L’agro di Iulium Carnicum e le iscrizioni confinarie su roccia [1]

 

Non può sfuggire all’attenzione dei cultori di storia antica e di archeologia il volume di Placida M. Moro: Iulium Carnicum (Zuglio), «L’Erma» di Bretschneider, Roma, 1956 (in «Pubblicazioni dell’Istituto di Storia antica» dell’Università di Padova vol. Ii), di pp. 271; tanto più a chi si occupa dell’area alpina ed in particolare dell’Italia nord-orientale ove il diligente esame complessivo di vari problemi connessi con la nascita, lo sviluppo ed il tramonto di un tipico municipio alpino (poi colonia) costituisce un prezioso modello di illustrazione che varca certamente l’interesse locale.

Per i lettori dell’Archivio il significato e l’importanza della suddetta ricerca è molteplice, tanto per le numerose analogie nello sviluppo storico tra il Friuli e la contigua area bellunese, quanto – e soprattutto – per la ragionevole inclusione nella trattazione della Moro del territorio cadorino, spettante all’agro di Iulium Carnicum (come è stato accertato da alcuni anni).
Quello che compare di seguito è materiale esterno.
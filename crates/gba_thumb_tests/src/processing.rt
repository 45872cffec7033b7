//! Data processing on low registers, by the ARM Architecture Reference Manual, A7.1.

use crate::start::{at, patterned};
use gba_thumb_exec::execute;

// CPSR, r0, r1 and a halfword at 08000000h; r0, r1, CPSR and cycles after it.
type Case = (u32, u32, u32, u16, (u32, u32, u32, u32));

// shifts by a constant, add and subtract, and numbers
static NUMBERS: [Case; 15] = [
    (
        0x3000_0030,
        9,
        0x8000_0001,
        0x0108,
        (0x10, 0x8000_0001, 0x1000_0030, 3),
    ),
    (
        0x3000_0030,
        9,
        0x8000_0001,
        0x0808,
        (0, 0x8000_0001, 0x7000_0030, 3),
    ),
    (
        0x3000_0030,
        9,
        0x8000_0001,
        0x1048,
        (0xc000_0000, 0x8000_0001, 0xb000_0030, 3),
    ),
    (
        0x3000_0030,
        9,
        0x8000_0001,
        0x0008,
        (0x8000_0001, 0x8000_0001, 0xb000_0030, 3),
    ),
    (
        0x0000_0030,
        9,
        0x8000_0001,
        0x0008,
        (0x8000_0001, 0x8000_0001, 0x8000_0030, 3),
    ),
    (
        0x3000_0030,
        1,
        0x7fff_ffff,
        0x1808,
        (0x8000_0000, 0x7fff_ffff, 0x9000_0030, 3),
    ),
    (0x3000_0030, 3, 5, 0x1a08, (2, 5, 0x2000_0030, 3)),
    (
        0x3000_0030,
        9,
        0xffff_ffff,
        0x1c88,
        (1, 0xffff_ffff, 0x2000_0030, 3),
    ),
    (0x3000_0030, 9, 1, 0x1e88, (0xffff_ffff, 1, 0x8000_0030, 3)),
    (0x3000_0030, 9, 7, 0x21ff, (9, 0xff, 0x3000_0030, 3)),
    (0x3000_0030, 9, 7, 0x2100, (9, 0, 0x7000_0030, 3)),
    (0x3000_0030, 9, 5, 0x2905, (9, 5, 0x6000_0030, 3)),
    (0x3000_0030, 9, 1, 0x31ff, (9, 0x100, 0x0000_0030, 3)),
    (0x3000_0030, 9, 5, 0x3906, (9, 0xffff_ffff, 0x8000_0030, 3)),
    (0x3000_0030, 9, 6, 0x3906, (9, 0, 0x6000_0030, 3)),
];

// the sixteen operations on r0 and r1; a shift by a register costs one more, MUL as many as the old r0 asks
static REGISTERS: [Case; 27] = [
    (
        0x3000_0030,
        0xf0f0_f0f0,
        0xff00_ff00,
        0x4008,
        (0xf000_f000, 0xff00_ff00, 0xb000_0030, 3),
    ),
    (
        0x3000_0030,
        0xf0f0_f0f0,
        0xff00_ff00,
        0x4048,
        (0x0ff0_0ff0, 0xff00_ff00, 0x3000_0030, 3),
    ),
    (0x3000_0030, 1, 32, 0x4088, (0, 32, 0x7000_0030, 4)),
    (0x3000_0030, 1, 33, 0x4088, (0, 33, 0x5000_0030, 4)),
    (
        0x3000_0030,
        0x8000_0001,
        0x100,
        0x4088,
        (0x8000_0001, 0x100, 0xb000_0030, 4),
    ),
    (
        0x3000_0030,
        0x8000_0000,
        32,
        0x40c8,
        (0, 32, 0x7000_0030, 4),
    ),
    (
        0x3000_0030,
        0x8000_0000,
        40,
        0x4108,
        (0xffff_ffff, 40, 0xb000_0030, 4),
    ),
    (0x3000_0030, 0xffff_ffff, 0, 0x4148, (0, 0, 0x6000_0030, 3)),
    (0x0000_0030, 5, 3, 0x4188, (1, 3, 0x2000_0030, 3)),
    (
        0x3000_0030,
        0x8000_0001,
        64,
        0x41c8,
        (0x8000_0001, 64, 0xb000_0030, 4),
    ),
    (0x3000_0030, 1, 1, 0x41c8, (0x8000_0000, 1, 0xb000_0030, 4)),
    (
        0x3000_0030,
        0xf0,
        0x0f,
        0x4208,
        (0xf0, 0x0f, 0x7000_0030, 3),
    ),
    (0x3000_0030, 9, 1, 0x4248, (0xffff_ffff, 1, 0x8000_0030, 3)),
    (0x0000_0030, 9, 0, 0x4248, (0, 0, 0x6000_0030, 3)),
    (
        0x3000_0030,
        9,
        0x8000_0000,
        0x4248,
        (0x8000_0000, 0x8000_0000, 0x9000_0030, 3),
    ),
    (0x3000_0030, 3, 5, 0x4288, (3, 5, 0x8000_0030, 3)),
    (
        0x3000_0030,
        0x8000_0000,
        0x8000_0000,
        0x42c8,
        (0x8000_0000, 0x8000_0000, 0x7000_0030, 3),
    ),
    (
        0x3000_0030,
        0xf0,
        0x0f,
        0x4308,
        (0xff, 0x0f, 0x3000_0030, 3),
    ),
    (
        0x3000_0030,
        7,
        0xff00,
        0x4348,
        (0x6_f900, 0xff00, 0x3000_0030, 4),
    ),
    (
        0x3000_0030,
        0xff00,
        7,
        0x4348,
        (0x6_f900, 7, 0x3000_0030, 5),
    ),
    (
        0x3000_0030,
        0x1_0000,
        7,
        0x4348,
        (0x7_0000, 7, 0x3000_0030, 6),
    ),
    (
        0x3000_0030,
        0x100_0000,
        7,
        0x4348,
        (0x700_0000, 7, 0x3000_0030, 7),
    ),
    (
        0x3000_0030,
        0xffff_ffff,
        7,
        0x4348,
        (0xffff_fff9, 7, 0xb000_0030, 4),
    ),
    (
        0x3000_0030,
        0xff,
        0x0f,
        0x4388,
        (0xf0, 0x0f, 0x3000_0030, 3),
    ),
    (0x3000_0030, 9, 0, 0x43c8, (0xffff_ffff, 0, 0xb000_0030, 3)),
    (0x3000_0030, 5, 5, 0x4408, (10, 5, 0x3000_0030, 3)),
    (0x3000_0030, 5, 5, 0x4508, (5, 5, 0x6000_0030, 3)),
];

// r0, r1, CPSR and cycles after a halfword, and how far it stands from r15 then.
fn after(status: u32, r0: u32, r1: u32, half: u16) -> ((u32, u32, u32, u32), u32) {
    let mut registers = at(0x0800_0000, status, [r0, r1, 0]);
    let cycles = execute(&mut registers, &mut patterned(), half);
    let left = (registers.get(0), registers.get(1), registers.cpsr(), cycles);
    (left, registers.get(15).wrapping_sub(0x0800_0000))
}

#[test]
fn shifts_and_numbers(rt: HostRuntime) {
    for &(status, r0, r1, half, want) in &NUMBERS {
        assert_eq!(rt; after(status, r0, r1, half), (want, 2), "{half:x}");
    }
}

#[test]
fn operations_on_two_registers(rt: HostRuntime) {
    for &(status, r0, r1, half, want) in &REGISTERS {
        assert_eq!(rt; after(status, r0, r1, half), (want, 2), "{half:x}");
    }
}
Il volume è uscito in elegante veste editoriale ed è corredato da numerosissime riproduzioni fotografiche, da tavole, schizzi, rilievi (spesso in policromia) che completano ed illustrano efficacemente i vari capitoli del testo. L’informazione bibliografica è sempre eccellente (vedi l’elenco finale alle pp. 265-271); l’esposizione ordinata e quasi sempre precisa (con frequenti rinvii) ed i comodi e ricchissimi indici dei nomi di persona e di luogo, delle cose notevoli e la tavola delle corrispondenze per le iscrizioni (pp. 241-259) permettono una rapida consultazione dell’opera.

La Moro non ha trascurato alcun aspetto che potesse esser utile per la ricostruzione della storia della città e del suo agro (assai esteso), ed il sommario può dare un’idea delle questioni trattate nella sua monografia.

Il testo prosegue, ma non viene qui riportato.